I came to an immediate stop. “Oh, darnly-barnlies. You’ve been caught,” I heard. It was him. Before me stood the very man who asked for my ID card at the entrance. He was standing with another person. I looked at him grudgingly with sheer discontent. “Let me see that ID of yours.” With a shaky hand, I did all that I could. I passed him the card. “Hmmm… Seems legit. But it doesn’t add up. You’re the guy that flipped off every camera on the way to steal the cookie. I see you survived our new ‘Death by Boredom” look. You must have been resilient.” He pulled out the card scanner again. I looked curiously at how his face was swelling up. He obviously didn’t notice it as he scanned my card. “Oh, you have Martha’s card. Stephen, I told you to delete her card from the system!” he said in an obnoxiously whiny voice. “I’m going to have you killed for this! That stupid son of a biscuit! Next thing you know that lady’s going to disobey the au…” He couldn’t finish the word. His face was like a balloon. He barely managed to wheeze out a few last words. “How…? I’m… Allergic… To… Peanuts…” I looked at my hands and at my pocket and saw that they were messily smeared with peanut butter from the sandwich I had enjoyed at the beginning of the journey. I watched in horror with the Stephen, the man who was with him, as the evil man writhed in suffocating pain on the ground until it slowly came to a silent stop. In that moment, hundreds of heavily armed guards somehow poured through the bland hallways. They then stopped and looked down at the dead body.

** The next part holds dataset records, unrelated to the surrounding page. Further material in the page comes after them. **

ghost use Rattle.std.specs.Prelude.{◌≡◌, ◌⊎◌, ◌↔◌, ◌≤◌, ◌<◌, ◌-◌, ◌^◌, ◌++◌, ◌∷◌, [], ℕ, List, length, take, true, false, IsTrue, IfOk, OnOk, OnErr, MatchOption};
ghost use Rattle.std.specs.String.{string_bytes};
ghost use Rattle.flow_model.specs.Lists.{◌∈◌};
ghost use Rattle.flow_case.specs.RulesOf.{IsUser};

use flow_case::Users;
use flow_disk::Disk;
use flow_trail::{Trail, TrailLine};
use std::alloc::{AllocError, Global};

/// The names of a case's users by their numbers, which begin at 1.
#[derive(Drop)]
pub(crate) struct Names {
    names: Vec<String>,
    /// Whether others may come: a case without a policy knows whoever speaks.
    open: bool,
    ghost few: { length names.items ≤ 2 ^ 32 - 1 },
}

impl Names {
    ghost use Rattle.flow_case_book.specs.People.{names_in, name_of, IsNumberOf};

    /// The users of a policy; or of a trail, in the order in which they first made an entry.
    pub(crate) fn of<D: Disk>(
        alloc: Global,
        users: Option<&Users>,
        trail: &Trail<D>,
    ) -> Result<Names, AllocError> {
        let mut names = Names {
            names: Vec::new(alloc),
            open: users.is_none(),
        };
        match users {
            Some(users) => names.take_users(alloc, users)?,
            None => names.take_trail(alloc, trail.lines())?,
        }
        Ok(names)
    }

    fn take_users(&mut self, alloc: Global, users: &Users) -> Result<(), AllocError> {
        for number in 0..users.count() {
            if let Some(name) = users.name_of(number + 1) {
                self.push(text_of(alloc, name.bytes())?)?;
            }
        }
        Ok(())
    }

    fn take_trail(&mut self, alloc: Global, lines: &[TrailLine]) -> Result<(), AllocError> {
        for line in lines {
            if let TrailLine::Told(telling) = line {
                let _ = self.number_of(alloc, &telling.by)?;
            }
        }
        Ok(())
    }

    /// The number of the user; 0 where the case knows no such user, and takes no other.
    #[tactic(auto, using(crate::proofs::PeopleLemmas::speaks_known, crate::proofs::PeopleLemmas::speaks_none, crate::proofs::PeopleLemmas::speaks_next))]
    pub(crate) fn number_of(&mut self, alloc: Global, name: &str) -> Result<u32, AllocError>
        ensures speaks { IfOk result (IsNumberOf self.old.open (names_in self.old) name.now) }
        ensures number { IfOk result (λ n. (n ≡ 0) ⊎ IsUser (names_in self.new) n name.now) }
        ensures unknown { IfOk result (λ n. (n ≡ 0) ↔ ((self.old.open ≡ false) × ¬ (name.now ∈ names_in self.old))) }
        ensures names { (names_in self.new ≡ names_in self.old) ⊎ ((self.old.open ≡ true) × ¬ (name.now ∈ names_in self.old)
            × (names_in self.new ≡ names_in self.old ++ name.now ∷ [])) }
        ensures open { self.new.open ≡ self.old.open }
    {
        if let Some(number) = self.known(name) {
            return Ok(number);
        }
        if !self.open {
            return Ok(0);
        }
        self.push(String::from_str(alloc, name)?)?;
        Ok(self.count())
    }

    /// Takes up one more.
    fn push(&mut self, name: String) -> Result<(), AllocError>
        ensures ok { OnOk result (names_in self.new ≡ names_in self.old ++ string_bytes name ∷ []) }
        ensures err { OnErr result (names_in self.new ≡ names_in self.old) }
        ensures open { self.new.open ≡ self.old.open }
    {
        if self.names.len() >= u32::MAX as usize {
            return Err(AllocError);
        }
        self.names.push(name)?;
        Ok(())
    }

    /// The number of the user, where the case knows it.
    fn known(&self, name: &str) -> Option<u32>
        ensures { MatchOption result (¬ (name.now ∈ names_in self.now)) (λ number. IsUser (names_in self.now) number name.now) }
    {
        for (place, known) in self.names.iter().enumerate() {
            if is_name(known, name) {
                return Some(place as u32 + 1);
            }
        }
        None
    }

    /// Lets go all names but the first so many.
    pub(crate) fn forget(&mut self, count: usize)
        ensures names { names_in self.new ≡ take count (names_in self.old) }
        ensures open { self.new.open ≡ self.old.open }
    {
        self.names.truncate(count);
    }

    pub(crate) fn name_of(&self, number: u32) -> &str
        ensures { result.now ≡ name_of (names_in self.now) number }
    {
        if number == 0 {
            return "nobody";
        }
        match self.names.get(number as usize - 1) {
            Some(name) => name.as_str(),
            None => "nobody",
        }
    }

    pub(crate) fn count(&self) -> u32
        ensures { result ≡ length (names_in self.now) }
    {
        self.names.len() as u32
    }
}

fn is_name(known: &String, name: &str) -> bool
    ensures { IsTrue result ↔ (string_bytes known.now ≡ name.now) }
{
    known.as_bytes() == name.as_bytes()
}

/// The bytes of a name as a text.
fn text_of(alloc: Global, name: &[u8]) -> Result<String, AllocError> {
    match str::from_utf8(name) {
        Ok(text) => format!(in alloc; "{text}"),
        Err(_) => format!(in alloc; "?"),
    }
}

“Do you know,” Stephen whispered in disbelief, “that you just ate the cookie that defines the world as we know it today, and then killed the very man who held corrupt possession of it?” Addressing the guards, he spoke louder. “You’re free! No more forced alliances with this evil man! No more threatens to your family! The world has been repaired once and for all!”

I was deafened by the sudden cheers and was carried out by a hundred arms into the streets. I heard people yelling, “It has ended! The cookie reign has ended!” And after a seemingly infinite amount of time high-fiving and hugging strangers, I walked home lightly on my feet escorted by a crowd of people heroically singing a fanfare dedicated to me. It felt like it was too good to be reality, almost like a greater being was working hard to keep me in the reality that I called home. I stepped through the door of my house, hugged my wife, went to bed, and fell right asleep, foreshadowing the exciting day of praise, high-fives, and gifts for tomorrow in my dreams.

The silhouette in my window was clearly not impressed as it walked away mysteriously.